DC National Guard Officer To Challenge Account of Lafayette Square Incident

By Janita Kan
Janita Kan
Janita Kan
Janita Kan is a reporter based in New York covering the Justice Department, courts, and First Amendment.
July 27, 2020Updated: July 27, 2020

A U.S. Army National Guard officer who witnessed the operation to expand the security perimeter at Lafayette Square in Washington on June 1 will testify in Congress on Tuesday that he thought the tactics used by Park Police to disperse the protesters were “an unnecessary escalation of the use of force.”

Adam DeMarco, a major for D.C. National Guard and Iraq veteran, says he found the use of force used against protesters during the clearing operation “deeply disturbing” and that according to his observation the protesters were “behaving peacefully,” states a prepared written testimony prior to his scheduled appearance before the House Natural Resources Committee. The committee is seeking answers over the Park Police’s handling of protesters during the June 1 incident.

His testimony will challenge many key aspects of the official account put forth by the Trump administration. According to a June 2 Park Police statement, some protesters had become violent at around 6:33 p.m. that day, throwing projectiles such as bricks, frozen water bottles, and caustic liquids.

The Trump administration drew public backlash for the incident, with former Justice Department staff, lawmakers, and other groups calling for Attorney General William Barr’s resignation for his handling of demonstrators protesting against police brutality in the wake of the death of George Floyd. Shortly after the clearing of the square, President Donald Trump and several senior officials walked through the area to St. John’s church, where Trump posed for photos while holding up a copy of the Bible—an apparent response to rioters having previously set the church alight.

Some media reported that the protesters were forcefully removed using tear gas in order to make way for Trump’s visit to the historic church, but Attorney General William Barr has repeatedly denied that the two had any correlation.

In the days leading up to the clearing operation, many of the protests that were peaceful during the day morphed into violence and destruction during the night, with rioters hurling projectiles and setting property ablaze, including the historic St. John’s church. Barr had said the operation was to expand the security perimeter around the White House in response to the rioting.

DeMarco said the operation to clear the protesters began shortly after Barr and Gen. Mark Milley, the chairman of the Joint Chiefs of Staff, appeared on Lafayette Square. At one point, Barr went to speak with Park Police, while Milley walked to an area where DeMarco was standing and told the major to ensure that the National Guard remain calm and to respect the demonstrators’ First Amendment rights.

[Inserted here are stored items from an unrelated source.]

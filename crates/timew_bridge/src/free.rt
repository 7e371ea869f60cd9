// The place of a task's own interval among others.
ghost use Rattle.std.specs.Prelude.{◌≡◌, ◌∷◌, []};
ghost use Rattle.timew_bridge.specs.Track.{is_tracked, free_from};

use timew_interval::Interval;

fn is_its_own(row: &Interval, name: &str, start: u64) -> bool
    ensures { result ≡ is_tracked name.now start (row.now ∷ []) }
{
    start <= row.start && row.annotation.as_str() == name
}

/// Whether an interval of a task starts at a second or after it.
pub fn is_tracked(rows: &[Interval], name: &str, start: u64) -> bool
    ensures { result ≡ is_tracked name.now start rows.now }
{
    for row in rows {
        if is_its_own(row, name, start) {
            return true;
        }
    }
    false
}

/// A second, or the last end of intervals if that is later.
pub fn free_from(start: u64, rows: &[Interval]) -> u64
    ensures { result ≡ free_from start rows.now }
{
    let mut at = start;
    for row in rows {
        at = at.max(row.end.unwrap_or(0));
    }
    at
}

After the pair left the area, Park Police issued the first of three warnings to direct the protesters to disperse, DeMarco said, adding that the announcement was “barely audible.”

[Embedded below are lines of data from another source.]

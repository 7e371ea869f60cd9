// What each command is to do.
ghost use Rattle.std.specs.Prelude.{◌≡◌, IfOk, OnOk, OnErr};
ghost use Rattle.tw_replica.specs.Replica.{held_state};
ghost use Rattle.tw_terms.specs.Scenes.{scene_of};
ghost use Rattle.tw_words.specs.Readings.{first_bad};
ghost use Rattle.tw_commands.specs.Plan.{planned};
ghost use Rattle.tw_commands.specs.Request.{scene_in, words_in};
ghost use Rattle.tw_commands.specs.Commands as spec;

mod add;
mod count;
mod duplicate;
mod editing;
mod export;
mod ids;
mod import;
mod information;
mod projects;
pub(crate) mod report;
mod undo;

use self::report::reporting;
use crate::plan::{Deed, Plan};
use crate::request::view_of;
use std::alloc::Global;
use tw_changes::{Refusal, Request};
use tw_replica::Replica;
use tw_report::Report;
use tw_terms::BadWord;
use tw_words::{Command, Modification, read_changes};
use tw_world::{IdWords, Memory};

// What a command is to do, whose words ask for these modifications.
fn plan_by(
    alloc: Global,
    request: &Request<'_>,
    words: &Vec<Modification>,
    ids: &mut IdWords,
    replica: &Replica,
) -> Result<Result<Plan, Refusal>, Memory>
    requires { words.now.items ≡ words_in request.now (held_state replica.now) }
    ensures plan { IfOk result (λ plan. planned plan
        ≡ spec.plan_by request.now.command request.now ids.old (held_state replica.now)) }
    ensures ids { OnOk result (ids.new ≡ spec.ids_by request.now.command request.now ids.old (held_state replica.now)) }
    ensures want { OnErr result
        (spec.DrewNoneOr (spec.ids_by request.now.command request.now ids.old (held_state replica.now)) ids.old ids.new) }
{
    let deed = match request.command {
        Command::Add => return add::adding(alloc, request, words, ids, replica),
        Command::Log => return add::logging(alloc, request, words, ids, replica),
        Command::Duplicate => return duplicate::copying(alloc, request, words, ids, replica),
        Command::Import => return import::importing(alloc, request, ids, replica),
        Command::Undo => return Ok(Ok(undo::undoing())),
        Command::Count => return Ok(Ok(count::counting(alloc, request, replica)?)),
        Command::Ids => return Ok(Ok(ids::numbering(alloc, request, replica)?)),
        Command::Uuids => return Ok(Ok(ids::naming(alloc, request, replica)?)),
        Command::Export => return Ok(Ok(export::exporting(alloc, request, replica)?)),
        Command::Information => return information::informing(alloc, request, replica),
        Command::Projects => return Ok(Ok(projects::projecting(alloc, request, replica)?)),
        Command::Tags => return Ok(Ok(projects::tagging(alloc, request, replica)?)),
        Command::List => return reporting(alloc, Report::List, request, replica),
        Command::Next => return reporting(alloc, Report::Next, request, replica),
        Command::All => return reporting(alloc, Report::All, request, replica),
        Command::Completed => return reporting(alloc, Report::Completed, request, replica),
        Command::Waiting => return reporting(alloc, Report::Waiting, request, replica),
        Command::Blocked => return reporting(alloc, Report::Blocked, request, replica),
        Command::Modify | Command::Append | Command::Prepend => Deed::Modified,
        Command::Annotate => Deed::Annotated,
        Command::Denotate => Deed::Denotated,
        Command::Done => Deed::Completed,
        Command::Delete => Deed::Deleted,
        Command::Purge => Deed::Purged,
        Command::Start => Deed::Started,
        Command::Stop => Deed::Stopped,
    };
    editing::editing(alloc, deed, request, words, replica)
}

/// What a request is to do with a replica, or why it does nothing.
pub fn plan_of(
    alloc: Global,
    request: &Request<'_>,
    ids: &mut IdWords,
    replica: &Replica,
) -> Result<Result<Plan, Refusal>, Memory>
    ensures plan { IfOk result (λ plan. planned plan ≡ spec.plan_of request.now ids.old (held_state replica.now)) }
    ensures ids { OnOk result (ids.new ≡ spec.ids_after request.now ids.old (held_state replica.now)) }
    ensures want { OnErr result (spec.MayHaveDrawn request.now ids.old ids.new (held_state replica.now)) }
{
    let words = match read_changes(alloc, &request.line, &view_of(request, replica))? {
        Ok(words) => words,
        Err(BadWord { word, kind }) => return Ok(Err(Refusal::BadWords { word, kind })),
    };
    plan_by(alloc, request, &words, ids, replica)
}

“I saw no indication that the demonstrators were cognizant of the warnings to disperse,” he said, according to this statement (pdf).

Shortly after the warning, Park Police began clearing the protesters. DeMarco said during that he heard explosions and saw smoke being used to disperse the protesters. A Park Police liaison officer told him that the explosions were “stage smoke,” however, the major said that he could feel irritation in his eyes and nose.

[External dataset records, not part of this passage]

// A command that is made in memory, with its text.
ghost use Rattle.std.specs.Prelude.{◌≡◌, length, Ok as AnOk, Err as AnErr, None as Nowhere, IfOk, IfErr};
ghost use Rattle.tw_state.specs.State.{State, applied};
ghost use Rattle.tw_replica.specs.Replica.{held_state};
ghost use Rattle.tw_replica.specs.Prepared.{IsPrepared, prepared_state};
ghost use Rattle.tw_commands.specs.Plan.{step_in, work_view, show_view, plan_view};
ghost use Rattle.tw_commands.specs.Plan.Work.{Changes};
ghost use Rattle.tw_commands.specs.Carried.{circle_in};
ghost use Rattle.tw_commands.specs.Texts.{shown, texted};
ghost use Rattle.tw_commands.specs.Carried.{concluded};
ghost use Rattle.tw_commands.specs.Ready.{IsReady, NotReady};

use crate::commands::report::reported;
use crate::plan::{Plan, Show, Work};
use crate::texts::{counted_text, created_text, logged_text, undone_text};
use std::alloc::Global;
use tw_changes::{Mark, Refusal, Request, first_circle, is_judged, mask_changes};
use tw_model::Change;
use tw_replica::{Prepared, Replica, TakeBackError};
use tw_world::{Memory, Moment};
use uuid::Uuid;

/// A command that is made in memory: its step, which is yet to be written, and what is to be printed then.
#[derive(Drop)]
pub struct Ready {
    pub prepared: Prepared,
    pub text: Vec<u8>,
}

/// Makes the changes of a command in memory, and then those of the parents that it marks.
pub(crate) fn make_changes(
    alloc: Global,
    replica: Replica,
    changes: Vec<Change>,
    marks: &Vec<Mark>,
    now: Moment,
    renumber: bool,
) -> Result<Prepared, Memory>
    ensures { IfOk result (IsPrepared replica (step_in now (held_state replica) (Changes renumber changes.items marks.now.items))) }
{
    let mut editing = replica.edit(alloc);
    editing.make(alloc, changes, now)?;
    let masks = mask_changes(alloc, now, editing.tasks(), marks)?;
    editing.make(alloc, masks, now)?;
    editing.prepare(alloc, renumber)
}

// Takes the step of a command in memory.
fn prepare(
    alloc: Global,
    replica: Replica,
    work: Work,
    now: Moment,
) -> Result<Result<Prepared, Refusal>, Memory>
    ensures prepared { IfOk result (λ made. IfOk made (IsPrepared replica (step_in now (held_state replica) (work_view work)))) }
    ensures refused { IfOk result (λ made. IfErr made (λ refusal. (refusal ≡ Refusal.NothingToUndo)
        × (applied (held_state replica) (step_in now (held_state replica) (work_view work)) ≡ Nowhere))) }
{
    match work {
        Work::Changes {
            renumber,
            changes,
            marks,
        } => {
            let prepared = make_changes(alloc, replica, changes, &marks, now, renumber)?;
            Ok(Ok(prepared))
        }
        Work::TakeBack => match replica.take_back(alloc) {
            Ok(prepared) => Ok(Ok(prepared)),
            Err(TakeBackError::NothingToUndo) => Ok(Err(Refusal::NothingToUndo)),
            Err(TakeBackError::Memory) => Err(Memory),
        },
    }
}

// The text of a command, once its step is taken in memory. Before it, so many operations were pending.
fn shown(
    alloc: Global,
    request: &Request<'_>,
    show: Show,
    pending: usize,
    prepared: &Prepared,
) -> Result<Result<Vec<u8>, Refusal>, Memory>
    ensures { IfOk result (λ text. (old : State) → pending ≡ length old.pending
        → texted text ≡ shown request.now (show_view show) old (prepared_state prepared.now)) }
{
    let text = match show {
        Show::Counted { deed, count } => counted_text(alloc, deed, count)?,
        Show::Created { uuid } => {
            created_text(alloc, uuid, prepared.numbers(), prepared.tasks())?
        }
        Show::Logged => logged_text(alloc)?,
        Show::TakenBack => {
            let gone = pending.saturating_sub(prepared.pending().len());
            undone_text(alloc, gone.saturating_sub(1) as u64)?
        }
        Show::Text(text) => text,
        Show::Report { report, numbers } => {
            return reported(alloc, request, report, &numbers, prepared);
        }
    };
    Ok(Ok(text))
}

// The first circle that a command closes. Before its step, so many operations were pending.
fn circle_in(
    alloc: Global,
    request: &Request<'_>,
    pending: usize,
    prepared: &Prepared,
) -> Result<Option<Uuid>, Memory>
    ensures { IfOk result (λ circle. (old : State) → pending ≡ length old.pending
        → circle ≡ circle_in request.now.command old (prepared_state prepared.now)) }
{
    if is_judged(request.command) {
        let made = prepared.pending().behind(alloc, pending)?;
        first_circle(alloc, prepared.tasks(), &made, 0)
    } else {
        Ok(None)
    }
}

// The text of a command, or why it does nothing after all.
fn concluded(
    alloc: Global,
    request: &Request<'_>,
    show: Show,
    pending: usize,
    prepared: &Prepared,
) -> Result<Result<Vec<u8>, Refusal>, Memory>
    ensures { IfOk result (λ text. (old : State) → pending ≡ length old.pending
        → texted text ≡ concluded request.now (show_view show) old (prepared_state prepared.now)) }
{
    if let Some(uuid) = circle_in(alloc, request, pending, prepared)? {
        return Ok(Err(Refusal::Cycle { uuid }));
    }
    shown(alloc, request, show, pending, prepared)
}

/// Makes in memory what a plan comes to in the replica for which it was made, with its text, or says why the command does nothing.
/// All the memory that it wants is taken here. What is refused is dropped with the replica.
pub fn conclude(
    alloc: Global,
    request: &Request<'_>,
    plan: Plan,
    replica: Replica,
) -> Result<Result<Ready, Refusal>, Memory>
    ensures ready { IfOk result (λ concluded. IfOk concluded (IsReady request.now (plan_view plan) replica)) }
    ensures refused { IfOk result (λ concluded. IfErr concluded (NotReady request.now (plan_view plan) replica)) }
{
    let pending = replica.pending().len();
    let (work, show) = plan.into_parts();
    let prepared = match prepare(alloc, replica, work, request.at)? {
        Ok(prepared) => prepared,
        Err(refusal) => return Ok(Err(refusal)),
    };
    match concluded(alloc, request, show, pending, &prepared)? {
        Ok(text) => Ok(Ok(Ready { prepared, text })),
        Err(refusal) => Ok(Err(refusal)),
    }
}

“Based on my previous exposure to tear gas in my training at West Point and later in my Army training, I recognized that irritation as effects consistent with CS or ‘tear gas,'” he said, adding that later that day he found tear gas canisters on the street.

During an interview with CBS’ “Face the Nation” on June 7, Barr addressed criticism of the Trump administration’s handling of protesters in Washington. He disputed claims that protesters at the White House were forcefully cleared from the area using tear gas and other means for the purpose of Trump’s church visit.

Barr said that the decision to clear the park was made before he knew that Trump was going to speak there, and that it was “not an operation to respond to that particular crowd.”

“It was an operation to move the perimeter one block,” the attorney general said.

Barr said the decision was made in response to violent riots in Lafayette Square over the previous few days.

“On Sunday [May 31], things reached a crescendo. The officers were pummeled with bricks. Crowbars were used to pry up the pavers at the park and they were hurled at police. There were fires set in not only St. John’s Church, but a historic building at Lafayette was burned down,” he said.

He said these incidents prompted the Park Police on May 31 to prepare a plan “to clear H Street and put … a larger perimeter around the White House so they could build a more permanent fence on Lafayette.” He added that he gave the green light to the plan at 2 p.m. the next day.

“Police have to move protesters, sometimes peaceful demonstrators, for a short distance in order to accomplish public safety. And that’s what was done here,” Barr said.

The Epoch Times reached out to the Justice Department and the U.S. Park Police for comment on the testimony.

The incident has prompted House lawmakers to seek answers regarding the Trump administration’s actions on that day. Barr is scheduled to appear before the House Judiciary Committee on Tuesday.